Türkei wartet ab

■ Die Stimmung ist gegen ein militärisches Engagement

„Nobel, kultiviert, feinsinnig und gebildet“ ist laut Lexikon die Bedeutung des alttürkischen Wortes „Celebi“. Der Streich der Geschichte wollte es, daß sich zwei Minister mit dem Nachnamen Celebi an dem irakisch-türkischen Grenzübergang Habur trafen: Der irakische Ölminister Aslan El Celebi und der türkische Staatsminister Isin Celebi. Bei dem Treffen ging es weniger „kultiviert“ zu. Die Irakis forderten die Lieferung von Lebensmitteln und Medikamenten. Die Türken - beteiligt am Embargo der Vereinten Nationen ließen abblitzen.

Der Grenzplausch sollte ursprünglich geheimgehalten werden.
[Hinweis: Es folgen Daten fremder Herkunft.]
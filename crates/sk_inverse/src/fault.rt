use thiserror::Error;

/// Why a time has no tick.
#[derive(Clone, Copy, Debug, PartialEq, Eq, Error)]
pub enum InverseFault {
    /// It is before the time of the first triple.
    #[error("before the first triple")]
    BeforeFirst,
    /// It is later than the time of the greatest tick.
    #[error("past the last tick")]
    PastEnd,
}
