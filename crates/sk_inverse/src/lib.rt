//! The tick of a time: the greatest tick whose time is not after a given one.
#![tactic(auto)]

mod fault;
mod laws;
mod lookup;
mod reach;
#[cfg(test)]
mod tests;
mod tick;

pub use fault::InverseFault;
pub use laws::exact_tick;
pub use tick::tick_at;
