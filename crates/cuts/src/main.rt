// Known answers of the listing, cut at many places: the input is fed in parts of 0 to 600 bytes, so that cuts fall inside names and strings
// and beside tabs and line feeds, and rows wait in a buffer that holds only a few. The stored output was worked out from document 01 apart
// from this code.
#![tactic(auto)]

use readers::filled::Filled;
use std::io::Write;
use stream::rows::Rows;

// Room for the rows that wait, and for the input.
const FEW: usize = 64;

const INPUT: usize = 524288;

// Every length of a part from 0 to 600 comes, in leaps. A write that fails is passed over: what is missing shows beside the stored output.
fn list<W: Write>(writer: &mut W, text: &[u8]) {
    let mut out = [0; FEW];
    let mut rows = Rows::new(&mut out);
    let mut rest = text;
    let mut len = 0;
    while !rest.is_empty() {
        let (part, more) = rest.split_at(len.min(rest.len()));
        let _ = rows.take_part(writer, &mut out, part);
        rest = more;
        len = (len + 244) % 601;
    }
    let _ = rows.finish(writer, &mut out);
}

fn main(rt: HostRuntime) {
    let mut out = rt.stdout();
    let mut input = Filled::<INPUT>::new();
    input.fill(&mut rt.stdin());
    list(&mut out, input.bytes());
    input.warn_if_full(&mut out);
}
Doch im Vorfeld des Treffens von UN-Generalsekretär Perez de Cuellar mit dem irakischen Außenminister Tarik Aziz in Amman erschien es dem türkischen Außenministerium opportuner, das Treffen anzukündigen, um wenigstens die Verhandlungsbereitschaft Ankaras anzuzeigen. Denn angesichts der realen Gefahr, die der Türkei als Grenzland droht, empfindet man in Ankara Beunruhigung über das Drängen der USA und der Saudis, die der Türkei eine aktivere Rolle zuweisen möchten. „Das saudische Volk will in den multinationalen Verbänden auch die moslemischen türkischen Soldaten sehen. „Sie werden uns ehren“, ließ der saudische König Fahd die türkische Regierung wissen.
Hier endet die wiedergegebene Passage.